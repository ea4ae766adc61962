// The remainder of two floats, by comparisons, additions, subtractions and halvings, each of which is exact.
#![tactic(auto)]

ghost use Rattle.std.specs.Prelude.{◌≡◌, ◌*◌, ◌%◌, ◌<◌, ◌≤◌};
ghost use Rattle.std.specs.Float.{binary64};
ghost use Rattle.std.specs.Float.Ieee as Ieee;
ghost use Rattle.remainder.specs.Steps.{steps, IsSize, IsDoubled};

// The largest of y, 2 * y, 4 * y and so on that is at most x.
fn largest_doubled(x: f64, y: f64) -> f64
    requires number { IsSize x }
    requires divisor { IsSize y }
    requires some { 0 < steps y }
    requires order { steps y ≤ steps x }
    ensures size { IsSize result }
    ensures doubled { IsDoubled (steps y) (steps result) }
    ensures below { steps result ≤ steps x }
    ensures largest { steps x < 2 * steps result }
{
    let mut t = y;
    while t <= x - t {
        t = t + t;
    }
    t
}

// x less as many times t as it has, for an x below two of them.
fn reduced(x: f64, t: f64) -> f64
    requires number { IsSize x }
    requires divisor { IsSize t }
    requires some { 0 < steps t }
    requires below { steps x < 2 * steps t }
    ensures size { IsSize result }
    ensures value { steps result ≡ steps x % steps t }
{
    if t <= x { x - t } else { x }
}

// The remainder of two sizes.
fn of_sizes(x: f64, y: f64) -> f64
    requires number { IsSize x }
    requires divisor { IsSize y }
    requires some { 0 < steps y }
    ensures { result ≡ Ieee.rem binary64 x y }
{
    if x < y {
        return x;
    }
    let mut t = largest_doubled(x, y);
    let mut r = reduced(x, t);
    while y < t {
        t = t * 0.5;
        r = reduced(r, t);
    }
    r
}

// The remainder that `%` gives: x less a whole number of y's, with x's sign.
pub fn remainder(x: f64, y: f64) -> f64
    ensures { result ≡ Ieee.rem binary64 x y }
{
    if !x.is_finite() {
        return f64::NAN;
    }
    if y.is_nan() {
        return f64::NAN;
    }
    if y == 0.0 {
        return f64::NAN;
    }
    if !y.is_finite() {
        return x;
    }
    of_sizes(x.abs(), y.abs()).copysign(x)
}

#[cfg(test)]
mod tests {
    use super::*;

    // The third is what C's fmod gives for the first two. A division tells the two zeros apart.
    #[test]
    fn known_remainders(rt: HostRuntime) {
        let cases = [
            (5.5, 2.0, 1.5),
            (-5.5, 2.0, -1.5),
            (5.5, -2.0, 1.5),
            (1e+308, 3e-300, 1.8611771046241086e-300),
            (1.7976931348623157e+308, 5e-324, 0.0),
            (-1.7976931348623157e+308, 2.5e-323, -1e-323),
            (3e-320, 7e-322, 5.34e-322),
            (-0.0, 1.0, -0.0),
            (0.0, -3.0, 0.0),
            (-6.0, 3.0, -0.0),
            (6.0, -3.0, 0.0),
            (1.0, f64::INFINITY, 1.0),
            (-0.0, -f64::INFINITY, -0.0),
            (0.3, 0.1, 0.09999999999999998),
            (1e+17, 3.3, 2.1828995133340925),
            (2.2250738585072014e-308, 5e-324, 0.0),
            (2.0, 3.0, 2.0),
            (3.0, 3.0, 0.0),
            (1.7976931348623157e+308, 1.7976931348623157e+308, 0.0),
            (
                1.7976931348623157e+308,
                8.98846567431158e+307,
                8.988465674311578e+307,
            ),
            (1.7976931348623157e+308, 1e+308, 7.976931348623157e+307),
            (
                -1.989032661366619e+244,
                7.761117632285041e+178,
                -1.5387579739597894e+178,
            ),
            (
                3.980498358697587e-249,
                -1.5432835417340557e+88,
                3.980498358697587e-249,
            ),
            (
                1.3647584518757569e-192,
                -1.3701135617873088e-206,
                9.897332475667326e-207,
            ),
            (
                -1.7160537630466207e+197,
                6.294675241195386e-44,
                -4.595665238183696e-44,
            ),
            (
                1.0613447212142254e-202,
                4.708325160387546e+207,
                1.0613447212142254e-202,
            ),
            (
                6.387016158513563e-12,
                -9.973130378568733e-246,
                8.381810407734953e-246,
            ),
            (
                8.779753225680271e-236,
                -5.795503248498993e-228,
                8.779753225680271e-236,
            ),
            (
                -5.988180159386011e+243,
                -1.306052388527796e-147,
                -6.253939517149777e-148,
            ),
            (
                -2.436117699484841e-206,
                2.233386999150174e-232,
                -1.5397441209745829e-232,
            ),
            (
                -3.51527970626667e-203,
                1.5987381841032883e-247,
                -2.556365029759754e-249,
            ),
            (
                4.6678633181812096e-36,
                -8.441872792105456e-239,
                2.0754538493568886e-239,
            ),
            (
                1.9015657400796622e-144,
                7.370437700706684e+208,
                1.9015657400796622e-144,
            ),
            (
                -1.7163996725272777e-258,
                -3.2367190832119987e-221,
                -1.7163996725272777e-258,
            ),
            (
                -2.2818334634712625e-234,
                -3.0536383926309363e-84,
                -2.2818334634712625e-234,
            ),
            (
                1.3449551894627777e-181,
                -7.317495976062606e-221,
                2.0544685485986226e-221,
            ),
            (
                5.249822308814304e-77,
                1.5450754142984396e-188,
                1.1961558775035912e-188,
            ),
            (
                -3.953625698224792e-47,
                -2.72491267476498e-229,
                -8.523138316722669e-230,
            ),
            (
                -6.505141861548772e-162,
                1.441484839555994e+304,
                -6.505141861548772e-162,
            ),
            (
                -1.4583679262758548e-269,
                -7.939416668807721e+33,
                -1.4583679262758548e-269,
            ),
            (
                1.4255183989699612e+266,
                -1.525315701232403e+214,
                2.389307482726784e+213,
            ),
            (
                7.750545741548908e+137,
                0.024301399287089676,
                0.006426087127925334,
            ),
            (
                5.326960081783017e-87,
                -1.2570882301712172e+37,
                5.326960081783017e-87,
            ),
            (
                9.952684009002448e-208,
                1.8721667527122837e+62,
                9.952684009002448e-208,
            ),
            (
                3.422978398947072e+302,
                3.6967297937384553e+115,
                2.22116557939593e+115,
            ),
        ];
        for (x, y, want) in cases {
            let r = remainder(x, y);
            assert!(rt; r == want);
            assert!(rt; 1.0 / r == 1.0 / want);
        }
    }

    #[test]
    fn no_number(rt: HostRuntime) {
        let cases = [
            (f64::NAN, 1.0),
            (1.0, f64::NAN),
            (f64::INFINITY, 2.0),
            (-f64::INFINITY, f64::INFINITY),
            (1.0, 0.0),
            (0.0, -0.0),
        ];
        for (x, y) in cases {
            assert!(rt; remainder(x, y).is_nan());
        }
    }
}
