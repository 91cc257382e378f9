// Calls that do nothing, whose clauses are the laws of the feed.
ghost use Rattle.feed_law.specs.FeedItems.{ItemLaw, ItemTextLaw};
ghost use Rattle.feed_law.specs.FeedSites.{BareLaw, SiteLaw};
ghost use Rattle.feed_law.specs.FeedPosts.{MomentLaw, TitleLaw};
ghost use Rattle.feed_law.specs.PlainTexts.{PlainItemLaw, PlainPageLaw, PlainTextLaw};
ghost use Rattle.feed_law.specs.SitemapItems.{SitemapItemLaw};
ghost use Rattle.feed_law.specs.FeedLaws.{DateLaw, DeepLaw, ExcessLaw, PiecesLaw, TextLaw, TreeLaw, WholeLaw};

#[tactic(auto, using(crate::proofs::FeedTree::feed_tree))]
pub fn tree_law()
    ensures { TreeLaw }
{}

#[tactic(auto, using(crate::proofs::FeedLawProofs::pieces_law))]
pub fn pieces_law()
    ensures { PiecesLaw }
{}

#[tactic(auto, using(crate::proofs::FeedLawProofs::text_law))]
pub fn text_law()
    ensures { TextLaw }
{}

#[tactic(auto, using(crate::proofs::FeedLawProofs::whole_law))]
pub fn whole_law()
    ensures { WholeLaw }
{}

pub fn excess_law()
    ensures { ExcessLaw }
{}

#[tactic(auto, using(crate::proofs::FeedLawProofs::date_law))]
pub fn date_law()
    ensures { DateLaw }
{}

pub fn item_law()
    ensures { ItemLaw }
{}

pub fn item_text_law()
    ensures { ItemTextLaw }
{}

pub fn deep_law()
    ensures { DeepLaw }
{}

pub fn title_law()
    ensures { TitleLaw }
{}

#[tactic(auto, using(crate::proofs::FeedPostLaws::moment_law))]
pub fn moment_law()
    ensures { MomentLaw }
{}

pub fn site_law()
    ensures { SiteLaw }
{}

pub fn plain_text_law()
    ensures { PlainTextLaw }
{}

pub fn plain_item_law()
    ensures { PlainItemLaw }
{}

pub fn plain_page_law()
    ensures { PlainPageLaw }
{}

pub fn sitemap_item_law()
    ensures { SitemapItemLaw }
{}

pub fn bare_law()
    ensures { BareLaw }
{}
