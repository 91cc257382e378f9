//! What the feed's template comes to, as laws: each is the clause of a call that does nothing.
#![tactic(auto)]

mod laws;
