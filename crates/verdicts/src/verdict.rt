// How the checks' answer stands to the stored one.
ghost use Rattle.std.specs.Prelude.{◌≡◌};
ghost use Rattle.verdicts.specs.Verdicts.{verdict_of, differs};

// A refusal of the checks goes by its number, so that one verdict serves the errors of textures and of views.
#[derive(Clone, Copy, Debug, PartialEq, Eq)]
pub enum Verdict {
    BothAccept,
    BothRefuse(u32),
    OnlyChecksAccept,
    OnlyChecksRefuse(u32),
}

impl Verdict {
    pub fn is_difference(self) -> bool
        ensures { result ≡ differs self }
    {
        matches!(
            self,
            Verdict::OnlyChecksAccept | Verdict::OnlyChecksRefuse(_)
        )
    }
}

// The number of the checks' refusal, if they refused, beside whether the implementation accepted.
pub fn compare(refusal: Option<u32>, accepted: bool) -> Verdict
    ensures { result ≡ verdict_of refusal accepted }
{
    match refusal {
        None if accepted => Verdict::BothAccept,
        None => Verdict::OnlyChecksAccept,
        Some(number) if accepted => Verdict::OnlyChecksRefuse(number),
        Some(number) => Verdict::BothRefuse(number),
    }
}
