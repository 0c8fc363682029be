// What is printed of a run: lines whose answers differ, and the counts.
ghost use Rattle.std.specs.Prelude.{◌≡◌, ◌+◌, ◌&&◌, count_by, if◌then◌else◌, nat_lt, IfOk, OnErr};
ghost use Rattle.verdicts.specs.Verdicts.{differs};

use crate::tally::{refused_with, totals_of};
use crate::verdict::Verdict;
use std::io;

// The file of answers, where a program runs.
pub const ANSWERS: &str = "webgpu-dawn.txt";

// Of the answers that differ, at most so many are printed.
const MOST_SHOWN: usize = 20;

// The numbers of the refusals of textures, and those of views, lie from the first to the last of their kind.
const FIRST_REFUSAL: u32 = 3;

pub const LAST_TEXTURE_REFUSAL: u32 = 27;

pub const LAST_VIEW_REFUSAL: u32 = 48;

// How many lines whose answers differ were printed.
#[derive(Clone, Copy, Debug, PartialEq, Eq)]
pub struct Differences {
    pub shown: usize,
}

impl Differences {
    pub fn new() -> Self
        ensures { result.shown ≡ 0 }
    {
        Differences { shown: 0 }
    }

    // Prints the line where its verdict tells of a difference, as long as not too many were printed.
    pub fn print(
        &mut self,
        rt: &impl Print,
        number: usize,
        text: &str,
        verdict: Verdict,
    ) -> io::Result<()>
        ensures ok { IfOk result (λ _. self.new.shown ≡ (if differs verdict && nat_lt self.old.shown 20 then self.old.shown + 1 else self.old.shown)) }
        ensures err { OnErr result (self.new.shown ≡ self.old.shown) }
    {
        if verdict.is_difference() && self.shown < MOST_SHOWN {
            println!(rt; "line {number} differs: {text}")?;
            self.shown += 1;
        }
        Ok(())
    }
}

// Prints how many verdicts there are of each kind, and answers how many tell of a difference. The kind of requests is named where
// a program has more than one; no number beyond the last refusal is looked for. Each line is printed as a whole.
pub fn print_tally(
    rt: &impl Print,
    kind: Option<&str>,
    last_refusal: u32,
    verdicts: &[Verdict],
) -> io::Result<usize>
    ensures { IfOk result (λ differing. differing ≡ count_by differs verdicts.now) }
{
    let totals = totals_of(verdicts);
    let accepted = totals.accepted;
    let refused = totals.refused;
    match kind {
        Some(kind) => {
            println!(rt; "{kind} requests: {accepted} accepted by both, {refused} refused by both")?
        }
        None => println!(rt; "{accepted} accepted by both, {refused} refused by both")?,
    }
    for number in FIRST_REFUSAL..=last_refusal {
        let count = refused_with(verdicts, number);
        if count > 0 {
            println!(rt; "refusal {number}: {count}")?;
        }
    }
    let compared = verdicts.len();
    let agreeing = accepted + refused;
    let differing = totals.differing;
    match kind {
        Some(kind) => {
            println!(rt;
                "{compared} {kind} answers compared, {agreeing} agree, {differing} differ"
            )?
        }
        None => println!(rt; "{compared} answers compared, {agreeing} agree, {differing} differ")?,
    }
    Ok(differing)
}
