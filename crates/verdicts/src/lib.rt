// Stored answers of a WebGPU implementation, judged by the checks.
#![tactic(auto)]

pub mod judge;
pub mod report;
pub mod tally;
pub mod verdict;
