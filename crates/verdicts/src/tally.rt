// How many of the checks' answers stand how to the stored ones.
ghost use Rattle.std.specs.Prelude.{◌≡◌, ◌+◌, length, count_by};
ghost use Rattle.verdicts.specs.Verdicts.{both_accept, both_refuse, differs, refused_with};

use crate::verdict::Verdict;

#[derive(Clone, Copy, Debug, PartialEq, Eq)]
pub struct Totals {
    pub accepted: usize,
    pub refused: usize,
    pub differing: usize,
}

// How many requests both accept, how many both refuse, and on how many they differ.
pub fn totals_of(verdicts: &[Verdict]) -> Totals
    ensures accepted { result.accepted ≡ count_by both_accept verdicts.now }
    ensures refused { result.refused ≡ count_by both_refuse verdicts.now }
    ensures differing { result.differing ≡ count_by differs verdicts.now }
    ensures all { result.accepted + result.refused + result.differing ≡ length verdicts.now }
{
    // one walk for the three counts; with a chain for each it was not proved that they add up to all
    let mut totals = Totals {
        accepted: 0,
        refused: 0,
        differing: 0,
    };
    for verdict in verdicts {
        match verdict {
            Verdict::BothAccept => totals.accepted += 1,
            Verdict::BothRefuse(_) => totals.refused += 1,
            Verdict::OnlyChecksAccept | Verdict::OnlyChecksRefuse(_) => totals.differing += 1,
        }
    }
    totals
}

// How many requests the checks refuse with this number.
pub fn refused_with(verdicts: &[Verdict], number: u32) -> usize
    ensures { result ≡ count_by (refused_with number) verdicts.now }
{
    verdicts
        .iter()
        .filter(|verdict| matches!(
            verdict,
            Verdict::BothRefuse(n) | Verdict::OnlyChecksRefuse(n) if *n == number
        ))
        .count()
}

● DIRECTIONS FOR THIS TASK
Among the records, find the lines that contain "ExcessLaw" and copy each of them.

● RESULT
ghost use Rattle.feed_law.specs.FeedLaws.{DateLaw, DeepLaw, ExcessLaw, PiecesLaw, TextLaw, TreeLaw, WholeLaw};
    ensures { ExcessLaw }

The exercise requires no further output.